Istanbul is a world in itself and it keeps growing. We arrived for a two-day stay on our way to another destination. It has been a few years since I actually stayed in this ever-growing bustling metropolis, and so much has changed.
Entering Istanbul through Istanbul Atatürk Airport, proved to be a very hard affair.

There were almost 1,000 passengers in front of us and though the immigration process for most passengers was going on very fast, it still took us a good hour to cross the immigration service. It was also very hard to find which luggage conveyer belt had our bags. There were so many planes landing that the information panels could not keep up with showing the flight number and airline in time.

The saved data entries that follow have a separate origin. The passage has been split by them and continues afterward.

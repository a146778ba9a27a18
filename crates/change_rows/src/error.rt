use outside::FolderErr;
use std::alloc::{AllocError, AllocFailed};
use thiserror::Error;
use vault_store::OpenErr;

/// Why a script can't be run, or what it came to in place of what its table says.
#[derive(Debug, Drop, Error)]
pub(crate) enum RunErr {
    #[error("{0}")]
    Wrong(String),
    #[error("a line of the table can't be read")]
    Line,
    #[error("a list isn't of whole stats")]
    Stats,
    #[error("{0}")]
    Folder(#[from] FolderErr),
    #[error("{0}")]
    Open(#[from] OpenErr),
    #[error("out of memory")]
    Alloc(#[from] AllocError),
}

impl<T: Drop> From<AllocFailed<T>> for RunErr {
    fn from(_: AllocFailed<T>) -> RunErr {
        RunErr::Alloc(AllocError)
    }
}
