//! A folder: its calls, the calls that fail or break off, and what a stop leaves.
// The helpers have no contracts, so that what is known of a folder doesn't grow from call to call.

use outside::{Folder, Kind, Reads};
use outside_mem::MemFolder;
use std::process::Abort;
use std::test::Fail;
use vault_path::VaultPath;

fn path_of(rt: &impl Abort, parts: &[&[u8]]) -> VaultPath {
    let mut path = VaultPath::root();
    for part in parts {
        path = path.join(part).expect(rt, "a good part");
    }
    path
}

fn makes<F: Folder>(folder: &mut F, path: &VaultPath) -> bool {
    folder.make_dir(path).is_ok()
}

fn puts<F: Folder>(folder: &mut F, path: &VaultPath, bytes: &[u8]) -> bool {
    folder.put(path, bytes).is_ok()
}

fn writes<F: Folder>(folder: &mut F, path: &VaultPath, at: u64, bytes: &[u8]) -> bool {
    folder.write(path, at, bytes).is_ok()
}

fn cuts<F: Folder>(folder: &mut F, path: &VaultPath, len: u64) -> bool {
    folder.set_len(path, len).is_ok()
}

fn renames<F: Folder>(folder: &mut F, from: &VaultPath, to: &VaultPath) -> bool {
    folder.rename(from, to).is_ok()
}

fn removes<F: Folder>(folder: &mut F, path: &VaultPath) -> bool {
    folder.remove_file(path).is_ok()
}

fn removes_dir<F: Folder>(folder: &mut F, path: &VaultPath) -> bool {
    folder.remove_dir(path).is_ok()
}

fn syncs<F: Folder>(folder: &mut F) -> bool {
    folder.sync().is_ok()
}

fn kind_at<F: Reads>(folder: &mut F, path: &VaultPath) -> Option<Kind> {
    folder.kind(path).ok().flatten()
}

fn eight_at<F: Reads>(folder: &mut F, path: &VaultPath, at: u64) -> Option<([u8; 8], usize)> {
    let mut out = *b"........";
    let count = folder.read(path, at, &mut out).ok()?;
    Some((out, count))
}

fn only_name<F: Reads>(rt: &HostRuntime, folder: &mut F, path: &VaultPath) -> Option<Vec<u8>> {
    let mut names = folder.list(rt.alloc(), path).ok()?;
    let name = names.pop()?.into_vec();
    if names.is_empty() { Some(name) } else { None }
}

#[test]
fn a_folder_holds_what_was_put(rt: HostRuntime) -> Result<(), Fail> {
    let mut folder = MemFolder::new(rt.alloc())?;
    let dir = path_of(&rt, &[b"d"]);
    let file = path_of(&rt, &[b"d", b"a"]);
    assert!(rt; !puts(&mut folder, &file, b"early"), "it has no folder yet");
    assert!(rt; makes(&mut folder, &dir));
    assert!(rt; puts(&mut folder, &file, b"hello"));
    assert!(rt; !makes(&mut folder, &file), "a file is there");
    assert_eq!(rt; kind_at(&mut folder, &file), Some(Kind::File(5)));
    assert_eq!(rt; kind_at(&mut folder, &dir), Some(Kind::Dir));
    assert!(rt; eight_at(&mut folder, &file, 3) == Some((*b"lo......", 2)));
    let name = only_name(&rt, &mut folder, &dir).ok_or("a name")?;
    assert!(rt; name.as_slice() == b"a".as_slice());
    assert_eq!(rt; folder.call_count(), 8);
    assert_eq!(rt; folder.change_count(), 4);
    Ok(())
}

#[test]
fn a_folder_changes(rt: HostRuntime) -> Result<(), Fail> {
    let mut folder = MemFolder::new(rt.alloc())?;
    let file = path_of(&rt, &[b"a"]);
    let other = path_of(&rt, &[b"b"]);
    let dir = path_of(&rt, &[b"d"]);
    assert!(rt; makes(&mut folder, &dir) && puts(&mut folder, &file, b"hello"));
    assert!(rt;
        writes(&mut folder, &file, 3, b"ped"),
        "over the last two and one more"
    );
    assert!(rt; !writes(&mut folder, &file, 7, b"x"), "behind the end");
    assert!(rt; eight_at(&mut folder, &file, 0) == Some((*b"helped..", 6)));
    assert!(rt; cuts(&mut folder, &file, 4) && !cuts(&mut folder, &file, 5));
    assert!(rt; renames(&mut folder, &file, &other));
    assert!(rt; kind_at(&mut folder, &file).is_none());
    assert!(rt; eight_at(&mut folder, &other, 0) == Some((*b"help....", 4)));
    assert!(rt; !removes_dir(&mut folder, &other) && removes(&mut folder, &other));
    assert!(rt; !removes(&mut folder, &dir) && removes_dir(&mut folder, &dir));
    assert!(rt; kind_at(&mut folder, &dir).is_none());
    Ok(())
}

#[test]
fn a_folder_fails_and_breaks_off_at_listed_calls(rt: HostRuntime) -> Result<(), Fail> {
    let failing = [1, 2].to_vec(rt.alloc())?;
    let breaking = [4].to_vec(rt.alloc())?;
    let mut folder = MemFolder::new(rt.alloc())?
        .failing_at(failing)
        .breaking_at(breaking);
    let file = path_of(&rt, &[b"a"]);
    assert!(rt; puts(&mut folder, &file, b"one"));
    assert!(rt; !puts(&mut folder, &file, b"other"));
    assert!(rt; kind_at(&mut folder, &file).is_none());
    assert_eq!(rt; kind_at(&mut folder, &file), Some(Kind::File(3)));
    assert!(rt; !puts(&mut folder, &file, b"broken"), "half of it is put");
    assert!(rt; eight_at(&mut folder, &file, 0) == Some((*b"bro.....", 3)));
    assert_eq!(rt; folder.fault_count(), 3);
    Ok(())
}

// What the image of a number has at a path.
fn image_at(
    folder: &MemFolder,
    most: usize,
    number: usize,
    path: &VaultPath,
) -> Option<([u8; 8], usize)> {
    let mut images = folder.images(most).ok()?;
    images.truncate(number.checked_add(1)?);
    let mut image = images.pop()?;
    eight_at(&mut image, path, 0)
}

#[test]
fn a_stop_leaves_what_was_synced_and_a_choice_of_the_rest(rt: HostRuntime) -> Result<(), Fail> {
    let mut folder = MemFolder::new(rt.alloc())?;
    let file = path_of(&rt, &[b"a"]);
    assert!(rt; puts(&mut folder, &file, b"old") && syncs(&mut folder));
    assert!(rt; puts(&mut folder, &file, b"new"));
    assert!(rt; image_at(&folder, 9, 0, &file) == Some((*b"old.....", 3)));
    assert!(rt; image_at(&folder, 9, 1, &file) == Some((*b"new.....", 3)));
    assert!(rt; image_at(&folder, 9, 2, &file) == Some((*b"\xa5\xa5\xa5.....", 3)));
    assert_eq!(rt; folder.images(9)?.len(), 6);
    assert_eq!(rt; folder.images(2)?.len(), 2);
    Ok(())
}
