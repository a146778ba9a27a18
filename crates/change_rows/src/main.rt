//! Runs of an open vault's changes over a folder in memory: what requests come to, even if a place is taken, a draw or a call of the
//! folder fails, and what each stop recovers to.
//!
//! A table has a block for each script. It begins with `vault` and what it shows; then come the entries of the host folder, `dir` and a path,
//! or `text`, a path and a file's text. The vault's keys are zeros. `>` begins a request, with the number of its node; `<` is its reply in
//! words. `=` is the tree of the vault before the first request and after each: the paths of its nodes in the order of their bytes, as
//! `tree_of` spells them. `TEXT*N` stands for N times TEXT. `data/script.txt` has what is run with stops and faults, and `data/taken.txt`
//! what is run with a random source that draws the same bytes for each request.
//!
//! `data/meddled.txt` has what is run while another program changes the folder. `!` is what it does in the next request, or as the vault is closed,
//! before that one's call of a number, from 0: `remove` and a path, `cut`, a path and a length, or `put`, a path and a text. `closing` is said
//! where that is to fail, and `=` is the tree that the folder holds in the end.
//!
//! It is printed how many were looked at, and each that is wrong. The status is 1 if something is wrong or can't be read.
#![tactic(auto)]

mod beside;
mod error;
mod meddled;
mod parts;
mod run;
mod table;
mod vault;
mod words;

use parts::{Part, Tally};
use run::Manner;
use std::process::ExitCode;
use std::{fs, io};

fn main(rt: HostRuntime) -> io::Result<ExitCode> {
    let script = fs::read_to_string(&rt, "script.txt")?;
    let taken = fs::read_to_string(&rt, "taken.txt")?;
    let meddled = fs::read_to_string(&rt, "meddled.txt")?;
    let mut passed = true;
    for (what, table, part) in [
        ("requests", &script, Part::Requests(Manner::Looking)),
        (
            "requests where places are taken",
            &taken,
            Part::Requests(Manner::Redrawing),
        ),
        ("runs that stop with what waits", &script, Part::Waits),
        ("runs with a draw that fails", &script, Part::Draws),
        ("runs with a call that fails", &script, Part::Calls),
        ("images of stopped runs", &script, Part::Stops),
        ("runs beside another program", &meddled, Part::Meddled),
    ] {
        match Tally::of_part(rt.alloc(), table.as_str(), part) {
            Ok(tally) => {
                for line in &tally.wrong {
                    println!(rt; "{what}: {line}")?;
                }
                println!(rt; "{what} {}", tally.count)?;
                passed &= tally.wrong.is_empty();
            }
            Err(error) => {
                println!(rt; "{what}: {error}")?;
                passed = false;
            }
        }
    }
    Ok(if passed {
        ExitCode::SUCCESS
    } else {
        ExitCode::FAILURE
    })
}
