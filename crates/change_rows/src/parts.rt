// What runs come to if nothing fails, if a draw or a call does, and if they are stopped.

use crate::error::RunErr;
use crate::meddled::check_meddled;
use crate::run::{Ended, Manner, Progress, check_stop, run_script};
use crate::table::{Script, read_scripts};
use crate::vault::{seeded, tree_in};
use outside_mem::MemFolder;
use std::alloc::Global;

// Most images of a stop that are looked at.
const MOST_IMAGES: usize = 64;

// More calls than there are in a request after one that fails.
const MOST_CALLS: u64 = 64;

// More draws than a run has.
const MOST_DRAWS: u64 = 256;

/// What is looked at.
#[derive(Clone, Copy, Debug, PartialEq, Eq)]
pub(crate) enum Part {
    /// The requests of a run in which nothing fails.
    Requests(Manner),
    /// A run up to each request, in which nothing fails, and that stops after it.
    Waits,
    /// A run for each draw, which fails.
    Draws,
    /// Two runs for each call of the folder, which fails before it does anything or after a part of it.
    Calls,
    /// What each stop of a run may leave of the folder.
    Stops,
    /// A run while another program changes the folder.
    Meddled,
}

/// How many were looked at, and what was wrong, a line each.
#[derive(Drop)]
pub(crate) struct Tally {
    alloc: Global,
    pub count: u64,
    pub wrong: Vec<String>,
}

impl Tally {
    /// Looks at a part of a table's scripts.
    pub(crate) fn of_part(alloc: Global, table: &str, part: Part) -> Result<Tally, RunErr> {
        let mut tally = Tally {
            alloc,
            count: 0,
            wrong: Vec::new(alloc),
        };
        for script in &read_scripts(alloc, table)? {
            match part {
                Part::Requests(manner) => tally.look_at_requests(script, manner)?,
                Part::Waits => tally.look_at_waits(script)?,
                Part::Draws => tally.look_at_draws(script)?,
                Part::Calls => tally.look_at_calls(script, false)?,
                Part::Stops => tally.look_at_calls(script, true)?,
                Part::Meddled => tally.add(script.about, check_meddled(script))?,
            }
        }
        Ok(tally)
    }

    // Counts what was looked at in a place.
    fn add(&mut self, place: &str, outcome: Result<(), RunErr>) -> Result<(), RunErr> {
        self.count = self.count.saturating_add(1);
        if let Err(error) = outcome {
            self.wrong
                .push(format!(in self.alloc; "{place}: {error}")?)?;
        }
        Ok(())
    }

    fn look_at_requests(&mut self, script: &Script<'_>, manner: Manner) -> Result<(), RunErr> {
        self.add(script.about, check_requests(script, manner))
    }

    fn look_at_waits(&mut self, script: &Script<'_>) -> Result<(), RunErr> {
        for count in 0..=script.steps.len() {
            let place = format!(in self.alloc; "{}, request {count}", script.about)?;
            self.add(place.as_str(), check_stop(script, count))?;
        }
        Ok(())
    }

    fn look_at_draws(&mut self, script: &Script<'_>) -> Result<(), RunErr> {
        for draw in 0..MOST_DRAWS {
            let outcome = check_draw(script, draw);
            if let Ok(false) = outcome {
                break;
            }
            let place = format!(in self.alloc; "draw {draw}")?;
            self.add(place.as_str(), outcome.map(|_| ()))?;
        }
        Ok(())
    }

    // Each call fails, or all from that one on.
    fn look_at_calls(&mut self, script: &Script<'_>, stops: bool) -> Result<(), RunErr> {
        let alloc = self.alloc;
        let folder = script.folder()?;
        let first = folder.call_count();
        let whole = run_script(script, Manner::Plain, folder, seeded(alloc))?;
        let end = whole.folder.call_count().saturating_add(u64::from(stops));
        for call in first..end {
            for breaking in [false, true] {
                let mut failing = Vec::new(alloc);
                for further in 0..if stops { MOST_CALLS } else { 1 } {
                    failing.push(call.saturating_add(further))?;
                }
                let mut folder = script.folder()?.failing_at(failing);
                if breaking {
                    folder = folder.breaking_at(vec![in alloc; call]?);
                }
                let place = format!(in alloc; "call {call}, breaking {breaking}")?;
                match run_script(script, Manner::Plain, folder, seeded(alloc)) {
                    Err(error) => self.add(place.as_str(), Err(error))?,
                    Ok(ended) if stops => self.look_at_images(script, place.as_str(), &ended)?,
                    Ok(ended) => self.add(place.as_str(), ended.check(script, 1))?,
                }
            }
        }
        Ok(())
    }

    // Each image of a stop recovers to the tree after the requests that no stop undoes, or after more, up to all that began.
    fn look_at_images(
        &mut self,
        script: &Script<'_>,
        place: &str,
        ended: &Ended,
    ) -> Result<(), RunErr> {
        let Progress { begun, stable, .. } = ended.progress;
        for (number, image) in ended.folder.images(MOST_IMAGES)?.into_iter().enumerate() {
            let place = format!(in self.alloc; "{place}, image {number}")?;
            self.add(place.as_str(), check_image(script, stable, begun, image))?;
        }
        Ok(())
    }
}

fn check_requests(script: &Script<'_>, manner: Manner) -> Result<(), RunErr> {
    run_script(script, manner, script.folder()?, seeded(script.alloc))?.check(script, 0)
}

// The image recovers to the tree after so many requests, at least and at most.
fn check_image(
    script: &Script<'_>,
    least: usize,
    most: usize,
    image: MemFolder,
) -> Result<(), RunErr> {
    let tree = tree_in(script.alloc, image)?;
    script.check_tree(least, most, tree.as_str())
}

// Gives whether a run reached the draw, which fails.
fn check_draw(script: &Script<'_>, draw: u64) -> Result<bool, RunErr> {
    let entropy = seeded(script.alloc).failing_at(vec![in script.alloc; draw]?);
    let ended = run_script(script, Manner::Looking, script.folder()?, entropy)?;
    let faults = ended.entropy.fault_count();
    ended.check(script, faults)?;
    Ok(faults > 0)
}
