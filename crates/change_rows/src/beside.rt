// A folder in memory that another program changes too.

ghost use Rattle.std.specs.Prelude.{◌≡◌, ⊤, IsErrOf};
ghost use Rattle.outside.specs.Calls.{HasCause, Rose, risen};

use outside::{Folder, FolderErr, Kind, Reads};
use outside_mem::MemFolder;
use std::alloc::Global;
use vault_path::{Text, VaultPath};

/// What another program does to a file.
#[derive(Drop)]
pub(crate) enum Deed {
    Remove,
    Cut(u64),
    Put(String),
}

/// A deed of another program, before a call of a number.
#[derive(Drop)]
pub(crate) struct Meddling {
    pub call: u64,
    pub path: VaultPath,
    pub deed: Deed,
}

/// A folder that tells nothing, since it isn't as its calls leave it.
#[derive(Drop)]
pub(crate) struct Beside {
    folder: MemFolder,
    // Those to come, the next one last.
    meddlings: Vec<Meddling>,
    faults: u64,
    changes: u64,
}

impl Beside {
    /// The folder, and what another program does to it, the last deed first.
    pub(crate) fn new(folder: MemFolder, meddlings: Vec<Meddling>) -> Beside {
        Beside {
            folder,
            meddlings,
            faults: 0,
            changes: 0,
        }
    }

    /// What is left of it.
    pub(crate) fn into_folder(self) -> MemFolder {
        let Beside { folder, .. } = self;
        folder
    }

    // What another program does before the next call.
    fn meddle(&mut self)
        ensures faults { self.new.faults ≡ self.old.faults }
        ensures changes { self.new.changes ≡ self.old.changes }
    {
        let call = self.folder.call_count();
        match self.meddlings.last() {
            Some(next) if next.call <= call => {}
            _ => return,
        }
        if let Some(Meddling { path, deed, .. }) = self.meddlings.pop() {
            let _done = match deed {
                Deed::Remove => self.folder.remove_file(&path),
                Deed::Cut(len) => self.folder.set_len(&path, len),
                Deed::Put(text) => self.folder.put(&path, text.as_bytes()),
            };
        }
    }
}

// Counts one changing call more.
fn count_change(changes: &mut u64)
    ensures { changes.new ≡ risen changes.old }
{
    *changes = changes.saturating_add(1);
}

// Counts an answer that is a failure or that the call doesn't fit.
fn counted<T>(faults: &mut u64, answer: Result<T, FolderErr>) -> Result<T, FolderErr>
    ensures same { result ≡ answer }
    ensures cause { HasCause faults.old faults.new (IsErrOf result FolderErr.Failed) }
    ensures unfit { IsErrOf result FolderErr.Unfit → Rose faults.old faults.new }
{
    match &answer {
        Ok(_) | Err(FolderErr::Memory) => {}
        Err(FolderErr::Failed | FolderErr::Unfit) => *faults = faults.saturating_add(1),
    }
    answer
}

impl Reads for Beside {
    ghost use Rattle.std.specs.Prelude.{None};

    ghost log = { λ _. None };

    ghost faults = { λ beside. beside.faults };

    ghost changes = { λ beside. beside.changes };

    fn kind(&mut self, path: &VaultPath) -> Result<Option<Kind>, FolderErr> {
        self.meddle();
        let answer = self.folder.kind(path);
        counted(&mut self.faults, answer)
    }

    fn list(&mut self, alloc: Global, path: &VaultPath) -> Result<Vec<Text>, FolderErr> {
        self.meddle();
        let answer = self.folder.list(alloc, path);
        counted(&mut self.faults, answer)
    }

    fn read(&mut self, path: &VaultPath, at: u64, out: &mut [u8]) -> Result<usize, FolderErr> {
        self.meddle();
        let answer = self.folder.read(path, at, out);
        counted(&mut self.faults, answer)
    }

    fn report_changed(&mut self, path: &VaultPath) {
        self.folder.report_changed(path);
        self.faults = self.faults.saturating_add(1);
    }
}

impl Folder for Beside {
    fn make_dir(&mut self, path: &VaultPath) -> Result<(), FolderErr> {
        self.meddle();
        let answer = self.folder.make_dir(path);
        count_change(&mut self.changes);
        counted(&mut self.faults, answer)
    }

    fn put(&mut self, path: &VaultPath, bytes: &[u8]) -> Result<(), FolderErr> {
        self.meddle();
        let answer = self.folder.put(path, bytes);
        count_change(&mut self.changes);
        counted(&mut self.faults, answer)
    }

    fn write(&mut self, path: &VaultPath, at: u64, bytes: &[u8]) -> Result<(), FolderErr> {
        self.meddle();
        let answer = self.folder.write(path, at, bytes);
        count_change(&mut self.changes);
        counted(&mut self.faults, answer)
    }

    fn set_len(&mut self, path: &VaultPath, len: u64) -> Result<(), FolderErr> {
        self.meddle();
        let answer = self.folder.set_len(path, len);
        count_change(&mut self.changes);
        counted(&mut self.faults, answer)
    }

    fn rename(&mut self, from: &VaultPath, to: &VaultPath) -> Result<(), FolderErr> {
        self.meddle();
        let answer = self.folder.rename(from, to);
        count_change(&mut self.changes);
        counted(&mut self.faults, answer)
    }

    fn remove_file(&mut self, path: &VaultPath) -> Result<(), FolderErr> {
        self.meddle();
        let answer = self.folder.remove_file(path);
        count_change(&mut self.changes);
        counted(&mut self.faults, answer)
    }

    fn remove_dir(&mut self, path: &VaultPath) -> Result<(), FolderErr> {
        self.meddle();
        let answer = self.folder.remove_dir(path);
        count_change(&mut self.changes);
        counted(&mut self.faults, answer)
    }

    fn sync(&mut self) -> Result<(), FolderErr> {
        self.meddle();
        let answer = self.folder.sync();
        counted(&mut self.faults, answer)
    }
}
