//! Sources, sinks, links and their listener, random bytes, the clock and the gate.
// The helpers have no contracts, so that what is known of an object doesn't grow from call to call.

use outside::{Clock, Entropy, Gate, Link, Listener, Sink, Source, Stage};
use outside_mem::{
    MemLink, MemListener, MemSink, MemSource, OpenGate, SeedEntropy, SetClock, TickingClock,
};
use std::test::Fail;

fn takes<S: Source>(source: &mut S, out: &mut [u8]) -> Option<usize> {
    source.read(out).ok()
}

fn gives<S: Sink>(sink: &mut S, piece: &[u8]) -> Option<usize> {
    sink.write(piece).ok()
}

#[test]
fn a_source_gives_pieces(rt: HostRuntime) -> Result<(), Fail> {
    let failing = [1].to_vec(rt.alloc())?;
    let bytes = b"hello".to_vec(rt.alloc())?;
    let mut source = MemSource::new(rt.alloc(), bytes)
        .in_pieces(3)
        .failing_at(failing);
    let mut out = [0; 8];
    for wanted in [Some(3), None, Some(2), Some(0)] {
        assert_eq!(rt; takes(&mut source, &mut out), wanted);
    }
    assert!(rt; out == *b"lol\0\0\0\0\0");
    assert!(rt; source.left().is_empty());
    assert_eq!(rt; source.fault_count(), 1);
    Ok(())
}

#[test]
fn a_sink_takes_pieces(rt: HostRuntime) -> Result<(), Fail> {
    let failing = [1].to_vec(rt.alloc())?;
    let mut sink = MemSink::new(rt.alloc()).in_pieces(2).failing_at(failing);
    for wanted in [Some(2), None, Some(2)] {
        assert_eq!(rt; gives(&mut sink, b"abc"), wanted);
    }
    assert!(rt; sink.taken() == b"abab".as_slice());
    assert_eq!(rt; sink.fault_count(), 1);
    Ok(())
}

fn link_of(rt: &HostRuntime, bytes: &[u8]) -> Result<MemLink, Fail> {
    let source = MemSource::new(rt.alloc(), bytes.to_vec(rt.alloc())?);
    Ok(MemLink::new(rt.alloc(), source, MemSink::new(rt.alloc()))?)
}

fn answers<L: Link>(link: &mut L, out: &mut [u8], answer: &[u8]) -> Option<usize> {
    link.write(answer).ok()?;
    link.read(out).ok()
}

#[test]
fn a_link_reads_and_writes(rt: HostRuntime) -> Result<(), Fail> {
    let mut link = link_of(&rt, b"hello")?;
    let mut out = [0; 8];
    assert_eq!(rt; answers(&mut link, &mut out, b"answer"), Some(5));
    assert!(rt; out == *b"hello\0\0\0");
    assert!(rt; link.source().left().is_empty());
    assert!(rt; link.sink().taken() == b"answer".as_slice());
    Ok(())
}

fn listener_of(rt: &HostRuntime, failing: &[u64]) -> Result<MemListener, Fail> {
    let mut links = Vec::new(rt.alloc());
    for bytes in [b"first.", b"second"] {
        links.push(link_of(rt, bytes)?)?;
    }
    let failing = failing.to_vec(rt.alloc())?;
    Ok(MemListener::new(rt.alloc(), links).failing_at(failing))
}

// Gives back the next link, if one comes.
fn turns<L: Listener>(listener: &mut L) -> bool {
    match listener.next() {
        Ok(Some(link)) => {
            listener.back(link);
            true
        }
        _ => false,
    }
}

fn last_sends(listener: &mut MemListener, wanted: &[u8]) -> bool {
    match listener.take_back() {
        Some(link) => link.source().left() == wanted,
        None => false,
    }
}

#[test]
fn links_come_and_go_back(rt: HostRuntime) -> Result<(), Fail> {
    let mut listener = listener_of(&rt, &[1])?;
    for comes in [true, false, true, false] {
        assert_eq!(rt; turns(&mut listener), comes);
    }
    assert!(rt; last_sends(&mut listener, b"second"));
    assert!(rt; last_sends(&mut listener, b"first."));
    assert!(rt; listener.take_back().is_none());
    assert_eq!(rt; listener.fault_count(), 1);
    Ok(())
}

fn draws<E: Entropy>(entropy: &mut E) -> Option<[u8; 4]> {
    let mut out = [0; 4];
    entropy.fill(&mut out).ok()?;
    Some(out)
}

// RFC 8439, A.1, vector 1: the key stream of a key of zeros.
#[test]
fn entropy_is_the_key_stream(rt: HostRuntime) -> Result<(), Fail> {
    let failing = [1].to_vec(rt.alloc())?;
    let mut entropy = SeedEntropy::from_seed(rt.alloc(), [0; 32]).failing_at(failing);
    let words = [
        Some([0x76, 0xb8, 0xe0, 0xad]),
        None,
        Some([0xa0, 0xf1, 0x3d, 0x90]),
        Some([0x40, 0x5d, 0x6a, 0xe5]),
    ];
    for word in words {
        assert_eq!(rt; draws(&mut entropy), word);
    }
    assert_eq!(rt; entropy.fault_count(), 1);
    Ok(())
}

#[test]
fn a_set_clock_stands(rt: HostRuntime) {
    let mut clock = SetClock::new(7);
    assert_eq!(rt; clock.now(), 7);
    assert_eq!(rt; clock.now(), 7);
    OpenGate.pass(Stage::Sealed);
}

#[test]
fn a_ticking_clock_counts_on_and_stays_at_its_end(rt: HostRuntime) {
    let mut clock = TickingClock::new(7);
    assert_eq!(rt; clock.now(), 7);
    assert_eq!(rt; clock.now(), 8);
    let mut last = TickingClock::new(u32::MAX);
    assert_eq!(rt; last.now(), u32::MAX);
    assert_eq!(rt; last.now(), u32::MAX);
}
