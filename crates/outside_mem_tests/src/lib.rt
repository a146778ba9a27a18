//! Tests of the outside in memory: each public call of `outside_mem`, with what it answers.
//!
//! ```
//! rt test
//! ```
#![tactic(auto)]

#[cfg(test)]
mod folders;
#[cfg(test)]
mod streams;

That done, it was time to brave the incredible traffic jam leading to the city, and precisely for this reason, I picked a hotel near the airport rather than one in the city centre. One can take any mode of transport to downtown and spend the day there, and when it is time to fly out, there is no stress and extra heartbeat if one is stuck in traffic.

I needed to do some shopping, so the closest to our hotel was Istanbul Mall. While on the way, the taxi driver showed us at least three smaller malls, among which are a famous outlet for luxury brands and a mall dedicated to anything related to weddings.

Istanbul Mall was quite big and fascinating, however not as huge as Central World and Siam Paragon in Bangkok, Thailand. It was interesting that the food court was one with very high quality restaurants and coffee shops, and the variety was mind-boggling. And while the Turkish people were looking for western type of fast food joints, we were searching for authentic Turkish menus.

The best part is that there is always a glass of tea after food, and if lucky, you will get a piece of Turkish delight (famous Turkish sweet) with it. Prices in the mall were of course a bit more expensive than downtown, nonetheless very good compared to European prices.

Language remains a big challenge in Turkey. With a colossal number of tourists arriving every day, it is quite disappointing that English is not well spoken here. As always, sign language remains the only mode of communication.

A few years ago we had a road trip in Turkey, and on any road we drove on, I was reminded of how advanced this country is, compared to some oil rich countries with very bad roads. Turkey remains one of our favourite destinations.